Modeling the Next-Generation High Performance Schedulers
High performance computing (HPC) resources and workloads are undergoing tumultuous changes. HPC resources are growing more diverse with the adoption of accelerators; HPC workloads have increased in size by orders of magnitude. Despite these changes, when assigning workload jobs to resources, HPC schedulers still rely on users to accurately anticipate their applications’ resource usage and remain stuck with the decades-old centralized scheduling model.
In this talk we will discuss these ongoing changes and propose alternative models for HPC scheduling based on resource awareness and fully hierarchical models. A key role in our models’ evaluation is played by an emulator of a real open-source, next-generation resource management system. We will discuss the challenges of realistically mimicking the system's scheduling behavior. Our evaluation shows how our models improve scheduling scalability on a diverse set of synthetic and real-world workloads.

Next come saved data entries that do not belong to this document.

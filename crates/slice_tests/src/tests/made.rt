//! Tops that the tests share, made from short descriptions.

ghost use Rattle.std.specs.Prelude.{◌≡◌, length, IfOk};
ghost use Rattle.clip_masks.specs.declared.clip.Clip.{Clip as ClipValue};
ghost use Rattle.primitives.specs.Tops.{IsCloseRect, AreCloseClips, IsSliceOrigin, IsTop, AreTops};
ghost use Rattle.primitives.specs.declared.entry.Entry.TheVariants as entry;
ghost use Rattle.primitives.specs.declared.kind.Kind.TheVariants as kind;
ghost use Rattle.slice_tests.specs.TopOf.{IsTopOf};

use blend_rules::{Mode, Px};
use clip_masks::{Clip, Rounded};
use containers::Sequence;
use picture_slices::{Slice, slices};
use primitives::{Entry, Kind, Primitive, Top};
use slice_rules::Home;
use std::alloc::{AllocError, Global};
use std::test::Fail;
use wr_geom::{Point, Radii, Rect};

pub(crate) const WHITE: Px = Px {
    b: 255,
    g: 255,
    r: 255,
    a: 255,
};

/// A grey of half coverage.
pub(crate) const HALF: Px = Px {
    b: 100,
    g: 100,
    r: 100,
    a: 128,
};

/// The shape of a clip.
#[derive(Clone, Copy)]
pub(crate) enum Shape {
    /// A rectangle of four by four pixels.
    Wide,
    /// A rectangle of two by three pixels.
    Narrow,
    /// The wide one with a round corner.
    Round,
    /// What lies outside of the narrow one.
    Outside,
}

/// A clip's shape, and the number of the scroll frame with which it moves, 0 for none.
pub(crate) type Clipped = (Shape, u8);

/// One primitive, or a group of two.
#[derive(Clone, Copy)]
pub(crate) struct Piece<'a> {
    /// The scroll frame with which it moves, 0 for none.
    pub(crate) scroll: u8,
    pub(crate) clips: &'a [Clipped],
    pub(crate) colour: Px,
    pub(crate) is_group: bool,
}

/// The scroll frame of pipeline 0 with this number, none for 0.
pub(crate) fn home(scroll: u8) -> Home {
    if scroll == 0 {
        return None;
    }
    Some((0, scroll.into()))
}

/// Where a scroll frame stands.
pub(crate) fn origin(scroll: u8) -> Point
    ensures { IsSliceOrigin result }
{
    let far = i32::from(scroll);
    Point {
        x: 10 * far,
        y: -far,
    }
}

/// A rectangle at most 255 pixels from (0, 0).
pub(crate) fn rect(x0: u8, y0: u8, x1: u8, y1: u8) -> Result<Rect, Fail>
    ensures { IfOk result (λ r. IsCloseRect r) }
{
    let rect = Rect::new(x0.into(), y0.into(), x1.into(), y1.into());
    Ok(rect.ok_or("no rectangle")?)
}

/// The clip of a shape.
pub(crate) fn clip(shape: Shape) -> Result<Clip, Fail>
    ensures { IfOk result (λ (c : ClipValue). IsCloseRect c.shape.rect) }
{
    Ok(match shape {
        Shape::Wide => Clip::of_rect(rect(0, 0, 4, 4)?),
        Shape::Narrow => Clip::of_rect(rect(1, 0, 3, 3)?),
        Shape::Round => {
            let radii = Radii {
                tl: (2, 2),
                ..Radii::SQUARE
            };
            let rounded = Rounded::new(rect(0, 0, 4, 4)?, radii);
            Clip {
                shape: rounded.ok_or("no shape")?,
                out: false,
            }
        }
        Shape::Outside => Clip {
            out: true,
            ..Clip::of_rect(rect(1, 0, 3, 3)?)
        },
    })
}

/// The clips of a piece.
fn clips_of(alloc: Global, clips: &[Clipped]) -> Result<Sequence<Clip>, Fail>
    ensures count { IfOk result (λ cs. length cs ≡ length clips.now) }
    ensures close { IfOk result (λ cs. AreCloseClips cs) }
{
    let mut made = Sequence::new(alloc);
    for clipped in clips {
        made.push(clip(clipped.0)?)?;
    }
    Ok(made)
}

/// Their homes.
fn homes_of(alloc: Global, clips: &[Clipped]) -> Result<Sequence<Home>, AllocError>
    ensures { IfOk result (λ hs. length hs ≡ length clips.now) }
{
    let mut made = Sequence::new(alloc);
    for clipped in clips {
        made.push(home(clipped.1))?;
    }
    Ok(made)
}

/// A solid of a colour in a rectangle.
fn solid(colour: Px, rect: Rect, clips: Sequence<Clip>) -> Result<Entry, Fail>
    ensures { IfOk result (λ e. e ≡ entry.Primitive (record { kind = kind.Solid colour; rect = rect; clips = clips })) }
{
    let made = Primitive::new(Kind::Solid(colour), rect, clips);
    Ok(Entry::Primitive(made.ok_or("no solid")?))
}

/// A solid of five by four pixels from (0, 0), under the clips of a piece.
fn primitive_of(alloc: Global, piece: &Piece<'_>) -> Result<Sequence<Entry>, Fail>
    ensures { IfOk result (λ es. IsTopOf (length piece.now.clips.now) es) }
{
    let clips = clips_of(alloc, piece.clips)?;
    let mut entries = Sequence::new(alloc);
    entries.push(solid(piece.colour, rect(0, 0, 5, 4)?, clips)?)?;
    Ok(entries)
}

/// A group of that solid and a small white one, of opacity 200, under the same clips.
fn group_of(alloc: Global, piece: &Piece<'_>) -> Result<Sequence<Entry>, Fail>
    ensures { IfOk result (λ es. IsTopOf (length piece.now.clips.now) es) }
{
    let push = Entry::Push {
        opacity: 200,
        mode: Mode::Normal,
        clips: clips_of(alloc, piece.clips)?,
    };
    let clips = clips_of(alloc, piece.clips)?;
    let first = solid(piece.colour, rect(0, 0, 5, 4)?, clips)?;
    let second = solid(WHITE, rect(2, 1, 4, 3)?, Sequence::new(alloc))?;
    let mut entries = Sequence::new(alloc);
    entries.push(push)?;
    entries.push(first)?;
    entries.push(second)?;
    entries.push(Entry::Pop)?;
    Ok(entries)
}

/// A piece as a top.
pub(crate) fn top_of(alloc: Global, piece: &Piece<'_>) -> Result<Top, Fail>
    ensures { IfOk result (λ t. IsTop t) }
{
    let entries = if piece.is_group {
        group_of(alloc, piece)?
    } else {
        primitive_of(alloc, piece)?
    };
    Ok(Top {
        scroll: home(piece.scroll),
        origin: origin(piece.scroll),
        homes: homes_of(alloc, piece.clips)?,
        entries,
    })
}

/// Pieces as tops, in order.
pub(crate) fn tops_of(alloc: Global, pieces: &[Piece<'_>]) -> Result<Sequence<Top>, Fail>
    ensures { IfOk result (λ ts. AreTops ts) }
{
    let mut tops = Sequence::new(alloc);
    for piece in pieces {
        tops.push(top_of(alloc, piece)?)?;
    }
    Ok(tops)
}

/// The slices of pieces in a view of six by five pixels.
pub(crate) fn slices_of(alloc: Global, pieces: &[Piece<'_>]) -> Result<Sequence<Slice>, Fail> {
    Ok(slices(alloc, tops_of(alloc, pieces)?, rect(0, 0, 6, 5)?)?)
}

This is joint work with Stephen Herbein and Michael Wyatt at the University of Delaware, and Tapasya Patki, Dong H. Ahn, Don Lipari, Thomas R.W. Scogland, Marc Stearman, Mark Grondona, Jim Garlick, Tamara Dahlgren, David Domyancic, and Becky Springmeyer at the Lawrence Livermore National Laboratory.
Michela Taufer is a Professor in Computer and Information Sciences and a J.P. Morgan Case Scholar at the University of Delaware; she has a joint appointment in the Biomedical Department and the Bioinformatics Program at the same university. She earned her undergraduate degrees in Computer Engineering from the University of Padova (Italy) and her doctoral degree in Computer Science from the Swiss Federal Institute of Technology or ETH (Switzerland). From 2003 to 2004 she was a La Jolla Interfaces in Science Training Program (LJIS) Postdoctoral Fellow at the University of California San Diego (UCSD) and The Scripps Research Institute (TSRI), where she worked on interdisciplinary projects in computer systems and computational chemistry. Taufer’s research interests in high performance computing include scientific applications, scheduling and reproducibility challenges, and big data analytics. She has nearly 100 publications and delivered nearly 80 talks at various conferences and research institutes. She is currently serving on the NSF Advisory Committee for Cyberinfrastructures (ACCI). She is a professional member of the IEEE and a Distinguished Scientist of the ACM.